Son aylarda dünyada son derece önemli değişikliklere şahit oluyoruz.

Trump sonrası dönemde Biden’ın ABD Başkanı seçilmesiyle ilk jeopolitik değişmeler yaşandı. Özellikle Körfez ülkelerinin 2017 yılından beri Katar’a uyguladıkları ambargonun sona ermesi ve bu ülkelerin dış siyasetlerinde 180 derece değişikliğe gitmesi bütün dünyada şaşkınlık yarattı. Söz konusu ülkelerin Katar ile olduğu kadar Türkiye ile de yakınlaşma çabaları, Biden’ın Körfez ülkelerine Trump’ın gösterdiği hoşgörüyle yaklaşmayacağı şeklinde açıklandı.

2021 yılının son günlerindeki en önemli gelişme ise, Rusya’nın Ukrayna sınırına 100 bin kadar asker konuşlandırması oldu. 2008 yılında Rusya’nın Gürcistan’a müdahale etmesi sonucu yaşanmış Rusya-Gürcistan Savaşı ve 6 yıl sonra Rusya'nın Kırım'ı ilhakından sonra, bugün dünya "Rusya Ukrayna'yı işgal etmeye mi hazırlanıyor?" sorusuna cevap arıyor.

Yeni yıla aslında hepimizin uzun zamandır beklediği gelişmelerle başladık. Doğu ve Batı arasındaki gerginlik, Soğuk Savaş’tan bu yana belki de hiç bu kadar şiddetli hissedilmemişti.

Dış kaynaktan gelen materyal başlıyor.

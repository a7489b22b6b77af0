//! A location whose instruction is found at an angle, under notes and with a timing table.

ghost use Rattle.std.specs.Prelude.{◌≡◌, ◌%◌, ◌<◌, ◌↔◌, IsTrue};
ghost use Rattle.machine_steps.specs.Timing.{found};

use crate::slot::Slot;
use base_notes::{Notes, Times};
use base_words::Location;
use flow_graph::Flow;
use machine_rotation::{Clockwork, Seek};

/// The most word times that the search for an instruction takes.
pub const LONGEST_SEARCH: u64 = 49;

/// Whether the instruction at a location is found at an angle: what is beside the drum isn't had at
/// each.
pub fn is_found_at(location: Location, angle: u64) -> bool
    requires { angle < 50 }
    ensures { IsTrue result ↔ (found location.number angle ≡ angle) }
{
    Seek::of(location).go(angle) == angle
}

/// Where hops begin: at a location, from when its instruction is found.
#[derive(Clone, Copy)]
pub struct Found<'a> {
    pub notes: &'a Notes,
    pub times: &'a Times,
    pub location: Location,
    /// The drum's angle then, 0 to 49.
    pub angle: u64,
    pub ghost on_drum: { angle < 50 },
}

impl<'a> Found<'a> {
    ghost use Rattle.flow_graph.specs.Flow.{notes_of};
    ghost use Rattle.ceiling_rows.specs.Slot.{place_of};

    /// The location and the angle of this number, under the notes of a flow graph.
    pub fn at(flow: &Flow<'a>, times: &'a Times, slot: Slot) -> Found<'a>
        ensures notes { result.notes.now ≡ notes_of flow.now }
        ensures times { result.times.now ≡ times.now }
        ensures place { result.location.number ≡ place_of slot.number }
        ensures angle { result.angle ≡ slot.number % 50 }
    {
        Found {
            notes: flow.notes(),
            times,
            location: slot.location(),
            angle: slot.angle(),
        }
    }

    /// Whether the instruction is found at this angle.
    pub fn is_there(&self) -> bool
        ensures { IsTrue result
            ↔ (found self.now.location.number self.now.angle ≡ self.now.angle) }
    {
        is_found_at(self.location, self.angle)
    }
}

Ancak bu sefer Doğu ve Batı bloklarında keskin değişimler mevcut. “Batı” artık ABD ve AB’nin el ele verdiği bir birliği temsil etmiyor. Brexit süreci sonrası İngiltere’nin AB’den ayrılmasıyla Batı ittifakı içindeki ilk çatlaklar hissedilmeye başladı. Daha sonra, Fransa'nın çıkarları hiçe sayılarak, ABD, İngiltere ve Avustralya arasında "AUKUS" adı altında yeni bir güvenlik iş birliği oluşturulması, Batı müttefikleri arasında yaşanan gerginliklere tuz biber ekti.

ABD’nin diğer Batı ülkeleriyle yaşadığı sorunlar Trump dönemine dayanıyor. Trump’ın ülke dışındaki Amerikan askerlerini çekme isteği, tahliyelerin Batı ülkeleriyle koordinasyon halinde gerçekleştirilmemesi ve akabinde Biden’ın Afganistan’dan çekilme sürecini son derece başarısız bir şekilde yönetmesi, başta Fransa olmak üzere AB ülkelerinde “bağımsız bir AB ordusu kurmalı mıyız?” sorusunu ortaya çıkardı.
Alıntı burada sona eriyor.